• **Given information**
//! The number formats of log files: fixed width, base 128 (varints), and signed base 128 (zigzag).
#![tactic(auto)]

pub mod codec;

• **The task**
Go through the listing and write out each line exactly.

• **Written reply**
//! The number formats of log files: fixed width, base 128 (varints), and signed base 128 (zigzag).
#![tactic(auto)]

pub mod codec;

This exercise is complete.